Please write every entry out again, exactly as it reads below.

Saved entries
⁂

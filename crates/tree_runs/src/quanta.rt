//! Quanta of the merges.
ghost use Rattle.std.specs.Prelude.{◌≡◌, ⊤, ◌+◌, ◌/◌, ℕ, length, IsTrue, IsErr, IsSome, IfOk, OnOk};
ghost use Rattle.disk_trait.specs.Effects.{Affects};
ghost use Rattle.blsm_model.specs.Geometry.{file_length};
ghost use Rattle.record_delta.specs.Entries.{replayed};
ghost use Rattle.page_file.specs.Component.{entries_of};
ghost use Rattle.merge_ends.specs.Output.{IsUpTo};
ghost use Rattle.tree_runs.specs.Runs.{AreRunning, Fits, PassCovers, released_by};
ghost use Rattle.tree_runs.specs.Damage.{PassMeetsDamage, DeepMeetsDamage};
ghost use Rattle.tree_runs.specs.Writing.{region_of_pass, region_of_deep};
ghost use Rattle.tree_runs.specs.Holding.{CountsMore, HasAllAhead, KeepsAllButPass, KeepsAllButDeep, PassTakes, PassTook, DeepTakes, DeepTook};
ghost use Rattle.tree_runs.specs.Holding.{TellsQuantum, cursor_of_pass, cursor_of_deep};

use crate::runs::Runs;
use disk_trait::Disk;
use mem_table::Table;
use page_file::Broken;

impl Runs {
    /// The pass takes a quantum of table A and C1, and gives the weight that it took.
    ///
    /// `Damaged` names a page of C1 that isn't valid or doesn't go on; it never comes where the disk stands on a tree. `Fault` comes just
    /// where the disk's count of faults rose. After an `Err` the quantum isn't counted, and no merge is to be gone on with.
    ///
    /// One clause is on the disk and the lists; the others are on numbers, and on what stays.
    pub fn pass_quantum<D: Disk>(&mut self, disk: &mut D, a: &Table) -> Result<u64, Broken>
        requires runs { IsSome self.old.pass }
        requires length { IsTrue (D.state disk.old).tells_bytes → length (D.state disk.old).bytes ≡ file_length self.old.sizes }
        requires running { AreRunning (D.state disk.old).is_honest (D.state disk.old).bytes self.old }
        requires fits { Fits self.old a.now.entries }
        ensures told { TellsQuantum (HasAllAhead self.old.pass a.now.entries) (self.old.sizes.quantum / 7 + 2)
            (λ tree n. PassTook self.old.sizes.quantum self.old.pass self.new.pass (replayed tree.lane_a.entries) (entries_of tree.c1) n)
            (PassMeetsDamage self.new.sizes self.new.pass) self.old self.new result (D.state disk.old) (D.state disk.new) }
        // It writes the page that was open, and pages that the run takes: none that was closed.
        ensures writes { Affects (region_of_pass self.old.sizes self.old.space self.new.space self.old.pass) (file_length self.old.sizes)
            (self.old.sizes.quantum / 7 + 2) (D.state disk.old) (D.state disk.new) }
        // On any disk what was taken and what is left add up, and it is a quantum or all that was left.
        ensures takes { IfOk result (PassTakes self.old.sizes.quantum self.old.pass self.new.pass a.now.entries) }
        // What was taken and isn't on finished pages stays light, and the key up to which all is on them never falls.
        ensures covers { (total : ℕ) → PassCovers total self.old.pass a.now.entries
            → OnOk result (PassCovers total self.new.pass a.now.entries × IsUpTo (released_by self.old.pass) (released_by self.new.pass)) }
        ensures kept { IsErr result → cursor_of_pass self.new.pass ≡ cursor_of_pass self.old.pass }
        ensures runs { IsSome self.new.pass }
        ensures others { KeepsAllButPass self.old self.new }
        ensures counted { OnOk result (CountsMore 1 self.old self.new) }
    {
        let merges = &mut *self.merges;
        match &mut merges.pass {
            Some(snow) => {
                let guide = &mut self.guides[self.pass.number() as usize];
                let taken = snow.quantum(
                    disk,
                    &self.geometry,
                    a,
                    &mut self.space,
                    &mut guide.filter,
                    &mut guide.fences,
                );
                // A map keeps its shape.
                let _pages = self.space.pages();
                self.quanta = self.quanta.saturating_add(u64::from(taken.is_ok()));
                taken
            }
            None => unreachable!(),
        }
    }

    /// The deep merge takes a quantum of C1' and C2, and gives the weight that it took. It answers as `pass_quantum` does.
    /// It has the clauses of `pass_quantum`.
    pub fn deep_quantum<D: Disk>(&mut self, disk: &mut D, a: &Table) -> Result<u64, Broken>
        requires runs { IsSome self.old.deep }
        requires length { IsTrue (D.state disk.old).tells_bytes → length (D.state disk.old).bytes ≡ file_length self.old.sizes }
        requires running { AreRunning (D.state disk.old).is_honest (D.state disk.old).bytes self.old }
        requires fits { Fits self.old a.now.entries }
        ensures told { TellsQuantum (λ tree. ⊤) (self.old.sizes.quantum / 4 + 3)
            (λ tree n. DeepTook self.old.sizes.quantum self.old.deep self.new.deep (entries_of tree.c1x) (entries_of tree.c2) n)
            (DeepMeetsDamage self.new.sizes self.new.deep) self.old self.new result (D.state disk.old) (D.state disk.new) }
        // It writes the page that was open, and pages that the run takes: none that was closed.
        ensures writes { Affects (region_of_deep self.old.sizes self.old.space self.new.space self.old.deep) (file_length self.old.sizes)
            (self.old.sizes.quantum / 4 + 3) (D.state disk.old) (D.state disk.new) }
        ensures takes { IfOk result (DeepTakes self.old.sizes.quantum self.old.deep self.new.deep) }
        ensures kept { IsErr result → cursor_of_deep self.new.deep ≡ cursor_of_deep self.old.deep }
        ensures runs { IsSome self.new.deep }
        ensures others { KeepsAllButDeep self.old self.new }
        ensures counted { OnOk result (CountsMore 1 self.old self.new) }
    {
        let merges = &mut *self.merges;
        match &mut merges.deep {
            Some(deep) => {
                let guide = &mut self.guides[self.deep.number() as usize];
                let taken = deep.quantum(
                    disk,
                    &self.geometry,
                    &mut self.space,
                    &mut guide.filter,
                    &mut guide.fences,
                );
                let _pages = self.space.pages();
                self.quanta = self.quanta.saturating_add(u64::from(taken.is_ok()));
                taken
            }
            None => unreachable!(),
        }
    }
}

⁂

Solution below
filename crates/tree_runs/src/quanta.rt
//! Quanta of the merges.
ghost use Rattle.std.specs.Prelude.{◌≡◌, ⊤, ◌+◌, ◌/◌, ℕ, length, IsTrue, IsErr, IsSome, IfOk, OnOk};
ghost use Rattle.disk_trait.specs.Effects.{Affects};
ghost use Rattle.blsm_model.specs.Geometry.{file_length};
ghost use Rattle.record_delta.specs.Entries.{replayed};
ghost use Rattle.page_file.specs.Component.{entries_of};
ghost use Rattle.merge_ends.specs.Output.{IsUpTo};
ghost use Rattle.tree_runs.specs.Runs.{AreRunning, Fits, PassCovers, released_by};
ghost use Rattle.tree_runs.specs.Damage.{PassMeetsDamage, DeepMeetsDamage};
ghost use Rattle.tree_runs.specs.Writing.{region_of_pass, region_of_deep};
ghost use Rattle.tree_runs.specs.Holding.{CountsMore, HasAllAhead, KeepsAllButPass, KeepsAllButDeep, PassTakes, PassTook, DeepTakes, DeepTook};
ghost use Rattle.tree_runs.specs.Holding.{TellsQuantum, cursor_of_pass, cursor_of_deep};

use crate::runs::Runs;
use disk_trait::Disk;
use mem_table::Table;
use page_file::Broken;

impl Runs {
    /// The pass takes a quantum of table A and C1, and gives the weight that it took.
    ///
    /// `Damaged` names a page of C1 that isn't valid or doesn't go on; it never comes where the disk stands on a tree. `Fault` comes just
    /// where the disk's count of faults rose. After an `Err` the quantum isn't counted, and no merge is to be gone on with.
    ///
    /// One clause is on the disk and the lists; the others are on numbers, and on what stays.
    pub fn pass_quantum<D: Disk>(&mut self, disk: &mut D, a: &Table) -> Result<u64, Broken>
        requires runs { IsSome self.old.pass }
        requires length { IsTrue (D.state disk.old).tells_bytes → length (D.state disk.old).bytes ≡ file_length self.old.sizes }
        requires running { AreRunning (D.state disk.old).is_honest (D.state disk.old).bytes self.old }
        requires fits { Fits self.old a.now.entries }
        ensures told { TellsQuantum (HasAllAhead self.old.pass a.now.entries) (self.old.sizes.quantum / 7 + 2)
            (λ tree n. PassTook self.old.sizes.quantum self.old.pass self.new.pass (replayed tree.lane_a.entries) (entries_of tree.c1) n)
            (PassMeetsDamage self.new.sizes self.new.pass) self.old self.new result (D.state disk.old) (D.state disk.new) }
        // It writes the page that was open, and pages that the run takes: none that was closed.
        ensures writes { Affects (region_of_pass self.old.sizes self.old.space self.new.space self.old.pass) (file_length self.old.sizes)
            (self.old.sizes.quantum / 7 + 2) (D.state disk.old) (D.state disk.new) }
        // On any disk what was taken and what is left add up, and it is a quantum or all that was left.
        ensures takes { IfOk result (PassTakes self.old.sizes.quantum self.old.pass self.new.pass a.now.entries) }
        // What was taken and isn't on finished pages stays light, and the key up to which all is on them never falls.
        ensures covers { (total : ℕ) → PassCovers total self.old.pass a.now.entries
            → OnOk result (PassCovers total self.new.pass a.now.entries × IsUpTo (released_by self.old.pass) (released_by self.new.pass)) }
        ensures kept { IsErr result → cursor_of_pass self.new.pass ≡ cursor_of_pass self.old.pass }
        ensures runs { IsSome self.new.pass }
        ensures others { KeepsAllButPass self.old self.new }
        ensures counted { OnOk result (CountsMore 1 self.old self.new) }
    {
        let merges = &mut *self.merges;
        match &mut merges.pass {
            Some(snow) => {
                let guide = &mut self.guides[self.pass.number() as usize];
                let taken = snow.quantum(
                    disk,
                    &self.geometry,
                    a,
                    &mut self.space,
                    &mut guide.filter,
                    &mut guide.fences,
                );
                // A map keeps its shape.
                let _pages = self.space.pages();
                self.quanta = self.quanta.saturating_add(u64::from(taken.is_ok()));
                taken
            }
            None => unreachable!(),
        }
    }

    /// The deep merge takes a quantum of C1' and C2, and gives the weight that it took. It answers as `pass_quantum` does.
    /// It has the clauses of `pass_quantum`.
    pub fn deep_quantum<D: Disk>(&mut self, disk: &mut D, a: &Table) -> Result<u64, Broken>
        requires runs { IsSome self.old.deep }
        requires length { IsTrue (D.state disk.old).tells_bytes → length (D.state disk.old).bytes ≡ file_length self.old.sizes }
        requires running { AreRunning (D.state disk.old).is_honest (D.state disk.old).bytes self.old }
        requires fits { Fits self.old a.now.entries }
        ensures told { TellsQuantum (λ tree. ⊤) (self.old.sizes.quantum / 4 + 3)
            (λ tree n. DeepTook self.old.sizes.quantum self.old.deep self.new.deep (entries_of tree.c1x) (entries_of tree.c2) n)
            (DeepMeetsDamage self.new.sizes self.new.deep) self.old self.new result (D.state disk.old) (D.state disk.new) }
        // It writes the page that was open, and pages that the run takes: none that was closed.
        ensures writes { Affects (region_of_deep self.old.sizes self.old.space self.new.space self.old.deep) (file_length self.old.sizes)
            (self.old.sizes.quantum / 4 + 3) (D.state disk.old) (D.state disk.new) }
        ensures takes { IfOk result (DeepTakes self.old.sizes.quantum self.old.deep self.new.deep) }
        ensures kept { IsErr result → cursor_of_deep self.new.deep ≡ cursor_of_deep self.old.deep }
        ensures runs { IsSome self.new.deep }
        ensures others { KeepsAllButDeep self.old self.new }
        ensures counted { OnOk result (CountsMore 1 self.old self.new) }
    {
        let merges = &mut *self.merges;
        match &mut merges.deep {
            Some(deep) => {
                let guide = &mut self.guides[self.deep.number() as usize];
                let taken = deep.quantum(
                    disk,
                    &self.geometry,
                    &mut self.space,
                    &mut guide.filter,
                    &mut guide.fences,
                );
                let _pages = self.space.pages();
                self.quanta = self.quanta.saturating_add(u64::from(taken.is_ok()));
                taken
            }
            None => unreachable!(),
        }
    }
}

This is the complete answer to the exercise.